◆ **Provided data**

====

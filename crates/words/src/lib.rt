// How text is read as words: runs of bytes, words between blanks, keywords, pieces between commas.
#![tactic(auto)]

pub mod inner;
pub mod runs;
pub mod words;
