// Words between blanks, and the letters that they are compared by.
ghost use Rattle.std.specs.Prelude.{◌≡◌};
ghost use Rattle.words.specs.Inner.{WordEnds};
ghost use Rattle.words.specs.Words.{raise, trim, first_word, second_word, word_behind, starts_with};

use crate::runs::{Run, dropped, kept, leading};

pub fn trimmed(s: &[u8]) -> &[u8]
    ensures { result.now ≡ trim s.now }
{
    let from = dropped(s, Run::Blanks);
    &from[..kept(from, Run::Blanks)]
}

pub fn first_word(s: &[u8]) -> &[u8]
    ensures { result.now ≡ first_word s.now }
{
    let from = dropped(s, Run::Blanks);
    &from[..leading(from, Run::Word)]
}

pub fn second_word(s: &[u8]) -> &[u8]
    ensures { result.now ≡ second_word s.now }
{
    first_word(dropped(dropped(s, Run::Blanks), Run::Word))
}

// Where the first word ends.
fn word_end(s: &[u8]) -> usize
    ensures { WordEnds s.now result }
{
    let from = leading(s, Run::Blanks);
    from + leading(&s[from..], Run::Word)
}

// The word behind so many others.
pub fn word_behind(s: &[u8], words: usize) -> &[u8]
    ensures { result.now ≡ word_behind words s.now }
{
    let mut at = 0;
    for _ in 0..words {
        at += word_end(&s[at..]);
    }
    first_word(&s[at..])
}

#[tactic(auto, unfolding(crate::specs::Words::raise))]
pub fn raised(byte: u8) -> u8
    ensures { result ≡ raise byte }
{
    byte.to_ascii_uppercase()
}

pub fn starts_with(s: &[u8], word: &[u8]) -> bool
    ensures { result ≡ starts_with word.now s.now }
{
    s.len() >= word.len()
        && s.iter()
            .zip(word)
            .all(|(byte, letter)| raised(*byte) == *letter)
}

====

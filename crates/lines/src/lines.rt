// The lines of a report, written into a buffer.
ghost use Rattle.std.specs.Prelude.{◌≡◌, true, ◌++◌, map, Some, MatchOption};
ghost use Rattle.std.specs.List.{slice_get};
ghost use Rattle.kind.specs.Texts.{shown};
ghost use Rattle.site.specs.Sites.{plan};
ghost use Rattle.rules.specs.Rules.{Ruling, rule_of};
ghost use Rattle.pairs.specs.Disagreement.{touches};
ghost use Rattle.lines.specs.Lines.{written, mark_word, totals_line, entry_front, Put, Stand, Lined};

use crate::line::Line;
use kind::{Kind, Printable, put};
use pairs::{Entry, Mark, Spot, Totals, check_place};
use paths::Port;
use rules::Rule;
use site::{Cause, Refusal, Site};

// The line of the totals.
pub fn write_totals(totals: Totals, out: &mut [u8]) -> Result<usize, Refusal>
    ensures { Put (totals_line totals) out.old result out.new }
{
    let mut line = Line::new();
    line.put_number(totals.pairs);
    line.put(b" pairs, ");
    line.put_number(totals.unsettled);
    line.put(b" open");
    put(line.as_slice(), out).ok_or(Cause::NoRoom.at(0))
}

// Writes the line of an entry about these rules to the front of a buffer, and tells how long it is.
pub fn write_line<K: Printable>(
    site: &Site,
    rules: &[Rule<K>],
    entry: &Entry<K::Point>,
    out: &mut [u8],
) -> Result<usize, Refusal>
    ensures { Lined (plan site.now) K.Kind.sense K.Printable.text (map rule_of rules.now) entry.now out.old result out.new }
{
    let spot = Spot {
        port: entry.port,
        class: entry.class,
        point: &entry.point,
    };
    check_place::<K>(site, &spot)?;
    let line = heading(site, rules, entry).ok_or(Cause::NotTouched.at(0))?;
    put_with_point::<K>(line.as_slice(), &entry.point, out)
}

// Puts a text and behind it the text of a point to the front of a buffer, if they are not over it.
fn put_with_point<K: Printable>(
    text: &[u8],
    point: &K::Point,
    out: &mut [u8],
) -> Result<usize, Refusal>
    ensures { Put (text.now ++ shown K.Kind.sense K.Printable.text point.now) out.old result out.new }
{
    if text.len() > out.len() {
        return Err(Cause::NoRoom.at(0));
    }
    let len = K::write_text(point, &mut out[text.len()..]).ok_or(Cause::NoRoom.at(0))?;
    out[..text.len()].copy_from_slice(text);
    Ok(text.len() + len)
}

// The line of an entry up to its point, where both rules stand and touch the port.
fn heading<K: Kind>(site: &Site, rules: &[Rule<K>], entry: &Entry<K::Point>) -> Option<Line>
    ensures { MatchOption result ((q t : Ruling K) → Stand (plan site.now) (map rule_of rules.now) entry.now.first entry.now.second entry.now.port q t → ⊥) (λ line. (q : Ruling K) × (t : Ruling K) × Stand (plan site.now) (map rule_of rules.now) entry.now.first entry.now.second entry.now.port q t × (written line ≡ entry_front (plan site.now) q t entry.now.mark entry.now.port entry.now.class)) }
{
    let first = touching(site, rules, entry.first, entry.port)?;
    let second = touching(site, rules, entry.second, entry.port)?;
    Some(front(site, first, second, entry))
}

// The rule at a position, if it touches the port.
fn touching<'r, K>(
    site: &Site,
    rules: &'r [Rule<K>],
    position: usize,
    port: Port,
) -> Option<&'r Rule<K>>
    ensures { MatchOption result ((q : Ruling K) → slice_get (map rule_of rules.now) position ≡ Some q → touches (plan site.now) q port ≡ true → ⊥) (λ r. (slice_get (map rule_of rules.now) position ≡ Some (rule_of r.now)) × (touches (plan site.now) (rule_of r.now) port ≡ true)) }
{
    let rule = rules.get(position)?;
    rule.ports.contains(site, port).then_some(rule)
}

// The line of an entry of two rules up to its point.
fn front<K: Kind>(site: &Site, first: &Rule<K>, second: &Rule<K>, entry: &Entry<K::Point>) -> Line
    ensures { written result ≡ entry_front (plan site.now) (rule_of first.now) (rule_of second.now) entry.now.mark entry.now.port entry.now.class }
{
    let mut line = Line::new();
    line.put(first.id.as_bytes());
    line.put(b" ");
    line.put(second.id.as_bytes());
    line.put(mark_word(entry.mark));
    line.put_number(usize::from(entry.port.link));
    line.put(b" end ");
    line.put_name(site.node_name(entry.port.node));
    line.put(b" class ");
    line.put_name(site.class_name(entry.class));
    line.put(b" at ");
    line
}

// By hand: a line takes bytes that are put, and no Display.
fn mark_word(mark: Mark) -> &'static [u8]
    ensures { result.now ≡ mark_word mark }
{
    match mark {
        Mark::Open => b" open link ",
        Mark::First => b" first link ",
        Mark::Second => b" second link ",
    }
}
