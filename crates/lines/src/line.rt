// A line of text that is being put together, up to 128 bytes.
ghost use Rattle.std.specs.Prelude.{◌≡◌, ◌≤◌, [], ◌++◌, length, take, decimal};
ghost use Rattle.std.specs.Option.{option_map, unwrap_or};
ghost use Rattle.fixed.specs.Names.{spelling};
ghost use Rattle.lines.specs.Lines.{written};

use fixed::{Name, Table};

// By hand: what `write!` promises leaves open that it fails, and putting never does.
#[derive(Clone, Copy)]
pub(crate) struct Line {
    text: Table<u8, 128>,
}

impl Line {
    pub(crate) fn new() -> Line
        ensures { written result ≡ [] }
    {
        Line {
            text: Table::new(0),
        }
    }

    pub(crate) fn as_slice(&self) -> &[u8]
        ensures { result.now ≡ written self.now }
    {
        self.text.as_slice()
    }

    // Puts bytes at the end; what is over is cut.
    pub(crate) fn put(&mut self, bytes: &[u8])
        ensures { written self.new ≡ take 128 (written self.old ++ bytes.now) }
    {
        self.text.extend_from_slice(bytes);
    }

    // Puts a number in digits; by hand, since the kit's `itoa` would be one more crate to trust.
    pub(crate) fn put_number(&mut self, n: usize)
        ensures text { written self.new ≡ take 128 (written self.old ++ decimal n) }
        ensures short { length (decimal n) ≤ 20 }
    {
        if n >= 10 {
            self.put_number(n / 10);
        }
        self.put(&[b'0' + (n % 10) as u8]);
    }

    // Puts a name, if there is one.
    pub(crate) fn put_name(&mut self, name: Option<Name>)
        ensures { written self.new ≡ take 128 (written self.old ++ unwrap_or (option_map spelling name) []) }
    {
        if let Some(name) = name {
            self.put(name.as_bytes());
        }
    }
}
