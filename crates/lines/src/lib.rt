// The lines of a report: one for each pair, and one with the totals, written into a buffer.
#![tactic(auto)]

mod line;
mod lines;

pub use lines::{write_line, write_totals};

====

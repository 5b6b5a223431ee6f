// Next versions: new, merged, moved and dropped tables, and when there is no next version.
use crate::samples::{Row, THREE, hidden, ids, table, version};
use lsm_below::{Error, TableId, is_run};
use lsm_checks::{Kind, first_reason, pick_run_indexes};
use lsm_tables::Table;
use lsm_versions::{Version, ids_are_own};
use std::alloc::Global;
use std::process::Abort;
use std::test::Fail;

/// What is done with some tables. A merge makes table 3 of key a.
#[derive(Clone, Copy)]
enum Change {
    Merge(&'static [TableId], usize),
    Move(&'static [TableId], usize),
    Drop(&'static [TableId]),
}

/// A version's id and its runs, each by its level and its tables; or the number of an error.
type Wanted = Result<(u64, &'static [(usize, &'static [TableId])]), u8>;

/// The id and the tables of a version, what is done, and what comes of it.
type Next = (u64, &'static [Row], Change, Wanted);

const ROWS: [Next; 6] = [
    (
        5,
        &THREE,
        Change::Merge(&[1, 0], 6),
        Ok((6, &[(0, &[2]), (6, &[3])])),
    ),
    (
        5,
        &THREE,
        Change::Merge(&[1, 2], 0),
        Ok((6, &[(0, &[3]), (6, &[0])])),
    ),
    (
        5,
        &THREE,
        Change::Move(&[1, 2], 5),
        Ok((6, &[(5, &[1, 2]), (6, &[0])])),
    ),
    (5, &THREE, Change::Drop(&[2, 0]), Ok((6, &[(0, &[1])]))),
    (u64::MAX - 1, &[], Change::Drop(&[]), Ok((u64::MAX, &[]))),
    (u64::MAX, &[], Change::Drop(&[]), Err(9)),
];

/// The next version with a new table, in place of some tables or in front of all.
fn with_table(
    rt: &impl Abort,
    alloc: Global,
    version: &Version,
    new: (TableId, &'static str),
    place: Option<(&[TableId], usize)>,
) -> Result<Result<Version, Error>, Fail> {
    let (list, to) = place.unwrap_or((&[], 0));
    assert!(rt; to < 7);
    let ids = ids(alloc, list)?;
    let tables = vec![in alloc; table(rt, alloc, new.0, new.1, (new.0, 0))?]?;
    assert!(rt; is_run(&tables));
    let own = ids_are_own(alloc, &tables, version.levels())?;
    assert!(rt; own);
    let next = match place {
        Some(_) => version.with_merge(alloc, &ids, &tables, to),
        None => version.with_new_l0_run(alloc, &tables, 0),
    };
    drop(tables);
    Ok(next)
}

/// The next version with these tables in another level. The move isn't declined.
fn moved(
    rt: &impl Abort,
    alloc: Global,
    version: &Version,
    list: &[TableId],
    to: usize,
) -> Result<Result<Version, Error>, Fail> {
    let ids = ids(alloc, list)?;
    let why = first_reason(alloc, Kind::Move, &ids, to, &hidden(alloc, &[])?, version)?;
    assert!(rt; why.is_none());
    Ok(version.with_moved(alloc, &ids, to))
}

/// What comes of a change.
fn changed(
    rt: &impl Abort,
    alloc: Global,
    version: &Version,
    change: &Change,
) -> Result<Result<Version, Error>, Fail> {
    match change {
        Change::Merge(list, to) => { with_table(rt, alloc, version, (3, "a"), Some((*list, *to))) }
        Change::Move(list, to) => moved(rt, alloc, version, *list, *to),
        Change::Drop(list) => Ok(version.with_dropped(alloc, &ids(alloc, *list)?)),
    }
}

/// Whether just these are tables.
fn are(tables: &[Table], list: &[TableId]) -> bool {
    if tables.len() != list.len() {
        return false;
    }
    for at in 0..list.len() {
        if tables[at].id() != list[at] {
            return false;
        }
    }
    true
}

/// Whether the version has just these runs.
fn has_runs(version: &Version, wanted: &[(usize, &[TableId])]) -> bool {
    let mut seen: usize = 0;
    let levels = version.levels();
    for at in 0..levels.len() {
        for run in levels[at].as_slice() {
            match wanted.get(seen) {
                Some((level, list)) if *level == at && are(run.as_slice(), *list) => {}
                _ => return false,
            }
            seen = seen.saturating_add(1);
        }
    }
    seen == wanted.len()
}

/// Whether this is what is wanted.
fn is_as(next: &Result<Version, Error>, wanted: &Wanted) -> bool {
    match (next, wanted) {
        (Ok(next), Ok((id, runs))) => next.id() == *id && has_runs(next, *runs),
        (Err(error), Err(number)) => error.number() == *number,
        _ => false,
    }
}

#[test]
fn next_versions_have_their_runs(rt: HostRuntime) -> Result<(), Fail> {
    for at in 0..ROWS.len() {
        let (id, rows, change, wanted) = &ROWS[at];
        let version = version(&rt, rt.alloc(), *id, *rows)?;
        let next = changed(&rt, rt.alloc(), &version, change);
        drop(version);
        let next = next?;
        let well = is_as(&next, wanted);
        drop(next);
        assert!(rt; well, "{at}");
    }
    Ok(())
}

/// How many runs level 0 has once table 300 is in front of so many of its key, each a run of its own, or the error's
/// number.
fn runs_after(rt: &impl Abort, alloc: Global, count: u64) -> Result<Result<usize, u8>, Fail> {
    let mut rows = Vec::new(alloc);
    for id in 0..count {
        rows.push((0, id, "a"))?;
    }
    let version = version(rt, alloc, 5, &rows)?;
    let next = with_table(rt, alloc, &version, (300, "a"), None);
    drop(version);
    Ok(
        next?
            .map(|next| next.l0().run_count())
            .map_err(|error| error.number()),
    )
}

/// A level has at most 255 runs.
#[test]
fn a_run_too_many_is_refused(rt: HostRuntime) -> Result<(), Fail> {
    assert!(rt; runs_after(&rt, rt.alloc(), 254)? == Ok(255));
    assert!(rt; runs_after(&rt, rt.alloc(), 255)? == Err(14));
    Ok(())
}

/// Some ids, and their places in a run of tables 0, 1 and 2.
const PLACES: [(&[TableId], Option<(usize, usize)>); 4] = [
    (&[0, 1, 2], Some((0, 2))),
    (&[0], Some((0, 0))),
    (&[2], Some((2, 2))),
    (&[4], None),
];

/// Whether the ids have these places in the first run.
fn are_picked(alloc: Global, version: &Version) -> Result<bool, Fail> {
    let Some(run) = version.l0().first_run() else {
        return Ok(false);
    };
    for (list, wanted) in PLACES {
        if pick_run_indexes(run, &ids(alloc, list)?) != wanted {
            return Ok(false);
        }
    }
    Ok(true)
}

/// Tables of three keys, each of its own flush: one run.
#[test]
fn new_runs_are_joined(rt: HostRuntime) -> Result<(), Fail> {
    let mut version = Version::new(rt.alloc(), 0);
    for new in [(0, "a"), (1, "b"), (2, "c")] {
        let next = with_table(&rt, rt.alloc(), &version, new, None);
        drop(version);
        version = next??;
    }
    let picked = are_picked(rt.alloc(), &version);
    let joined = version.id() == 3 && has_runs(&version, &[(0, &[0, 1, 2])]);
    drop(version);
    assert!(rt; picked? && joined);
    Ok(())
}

====

◆ **Exercise brief**
Scan the material above for the string "Puts", and copy every line where it is found.

◆ **Answer section**
// Puts a text and behind it the text of a point to the front of a buffer, if they are not over it.
    // Puts bytes at the end; what is over is cut.
    // Puts a number in digits; by hand, since the kit's `itoa` would be one more crate to trust.
    // Puts a name, if there is one.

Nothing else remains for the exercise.